Hydrodynamic modeling of gas influx migration in slim hole annuli

Abstract

Existing well control prediction techniques have not yet found wide acceptance in slim holes. This study investigates the two-phase transient pressure behavior when a gas kick occurs in slim holes. This paper presents an improved two-phase model that will account for the change in annular pressure transients. The two-phase model is based on the drift-flux model. Newly developed drift-flux correlations with specific target to narrow annuli are applied. An explicit scheme is adopted to solve the two-phase model. Results show the high inaccuracies that occur from using conventional models instead of this new model.
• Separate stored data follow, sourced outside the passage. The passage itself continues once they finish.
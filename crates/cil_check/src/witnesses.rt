//! The commons by which classes that are given several have the permissions that statements name.

ghost use Rattle.std.specs.Prelude.{◌≡◌, List, length};
ghost use Rattle.cil_check.specs.Common.{Placed, IsOf, IsSeen};

use crate::bound::{BoundPolicy, Seen};
use crate::groups::Groups;
use crate::missing::class_lead;
use crate::permissions::{Listed, Permissions};
use indexmap::IndexMap;
use std::alloc::{AllocError, Allocator, Global};
use std::hash::{BuildHasherDefault, FoldHasher};

/// For the permissions that statements name of classes with several commons: at which index among these one stands that lists the
/// permission, if one does. Each is looked for once, so that many statements don't go over many commons each. These are hints, by which no answer changes:
/// who follows one looks at the common there.
#[derive(Drop)]
pub struct Witnesses<A: Allocator = Global> {
    found: IndexMap<Listed, Option<usize>, BuildHasherDefault<FoldHasher>, A>,
}

/// A common that is given to a class, by their places.
#[derive(Clone, Copy, PartialEq, Eq, Hash)]
struct Given {
    class: u32,
    common: u32,
}

/// What is searched for witnesses: the permissions that are listed, and for their numbers the places of the statements that list them; the
/// commons of classes, and at which index each stands.
#[derive(Drop)]
struct Search<'c, A: Allocator = Global> {
    permissions: &'c Permissions<A>,
    listers: Groups<A>,
    inherited: &'c Groups<A>,
    given: IndexMap<Given, usize, BuildHasherDefault<FoldHasher>, A>,
}

/// The places of the statements that list permissions, by the numbers of these.
fn listers<A: Allocator + Copy>(
    alloc: A,
    permissions: &Permissions<A>,
) -> Result<Groups<A>, AllocError> {
    let mut listers = Groups::new(alloc);
    for listed in permissions.listed.iter() {
        listers.insert(alloc, listed.word, listed.owner)?;
    }
    Ok(listers)
}

/// At which index among the commons of classes each stands.
fn indices<A: Allocator + Copy>(
    alloc: A,
    inherited: &Groups<A>,
) -> Result<IndexMap<Given, usize, BuildHasherDefault<FoldHasher>, A>, AllocError> {
    let mut given = IndexMap::new(alloc);
    for class in inherited.keys.iter() {
        for (at, common) in inherited.get(*class).iter().enumerate() {
            let key = Given {
                class: *class,
                common: *common,
            };
            given.insert(key, at)?;
        }
    }
    Ok(given)
}

impl<'c, A: Allocator> Search<'c, A> {
    /// At which index among the commons of a class one of these stands.
    fn given_at(&self, class: u32, commons: &[u32]) -> Option<usize> {
        for common in commons {
            let common = *common;
            if let Some(at) = self.given.get(&Given { class, common }) {
                return Some(*at);
            }
        }
        None
    }

    /// At which index among the commons of a class one stands that lists a permission. The fewer are gone over: the commons, or the
    /// statements that list the permission.
    fn witness(&self, class: u32, word: u32) -> Option<usize> {
        let commons = self.inherited.get(class);
        let listers = self.listers.get(word);
        if listers.len() < commons.len() {
            return self.given_at(class, listers);
        }
        commons
            .iter()
            .position(|common| self.permissions.has(*common, word))
    }
}

impl<A: Allocator + Copy> Witnesses<A> {
    /// No witness.
    pub(crate) fn new(alloc: A) -> Self {
        Witnesses {
            found: IndexMap::new(alloc),
        }
    }

    /// The witnesses for all permissions that the statements of a policy name.
    pub fn of(
        alloc: A,
        bound: &BoundPolicy<'_, '_, A>,
        permissions: &Permissions<A>,
        inherited: &Groups<A>,
    ) -> Result<Self, AllocError>
        requires { (policy : List Placed) × IsOf bound.now policy }
    {
        if inherited.lists.iter().all(|commons| commons.len() < 2) {
            return Ok(Witnesses::new(alloc));
        }
        let listers = listers(alloc, permissions)?;
        let given = indices(alloc, inherited)?;
        let search = Search {
            permissions,
            listers,
            inherited,
            given,
        };
        let mut witnesses = Witnesses::new(alloc);
        witnesses.insert_each(bound, &search)?;
        Ok(witnesses)
    }

    /// Looks for the permissions that the statements of a policy name.
    fn insert_each(
        &mut self,
        bound: &BoundPolicy<'_, '_, A>,
        search: &Search<'_, A>,
    ) -> Result<(), AllocError>
        requires { (policy : List Placed) × IsOf bound.now policy }
    {
        for i in 0..bound.len() {
            let seen = bound.seen(i);
            self.insert_all(search, &seen)?;
        }
        Ok(())
    }

    /// Looks for the permissions that a statement names, if its class has several commons.
    fn insert_all(
        &mut self,
        search: &Search<'_, A>,
        seen: &Seen<'_, '_, A>,
    ) -> Result<(), AllocError>
        requires { (policy : List Placed) × (s : Placed) × IsSeen seen.now policy s }
    {
        let Some(owner) = class_lead(seen) else {
            return Ok(());
        };
        if search.inherited.get(owner).len() < 2 {
            return Ok(());
        }
        for word in seen.view.permissions() {
            let word = seen.number(*word);
            let asked = Listed { owner, word };
            if self.found.contains_key(&asked) {
                continue;
            }
            self.found.insert(asked, search.witness(owner, word))?;
        }
        Ok(())
    }
}

impl<A: Allocator> Witnesses<A> {
    /// At which index among the commons of the class of a place one may stand that lists a permission.
    pub fn get(&self, class: u32, word: u32) -> Option<usize> {
        let found = self.found.get(&Listed { owner: class, word })?;
        *found
    }
}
The velocities of each phase are seen to increase tremendously with assumption of slim holes. This in turn causes significant increase in the equivalent circulating densities (ECDs) and underestimation of bottom hole pressures. On the other hand, the hydrostatic pressures are seen to decrease as well leading to a counterbalance. Pressure signatures for slim holes are seen to shift to the right consequently affecting the void fraction distribution and other fluid properties. Case studies are performed in the simulations to examine the effect of varying annulus ratio on results for constant influx and mud rate. From the results, as annulus ratio goes beyond 0.8, the changes in bottom hole ECDs become much more substantial. The understanding of hydraulics in narrow annuli is vital for real-time pressure prediction during a gas influx. This study provides an improved simulation tool for more accurate prediction of influx behavior in slim holes.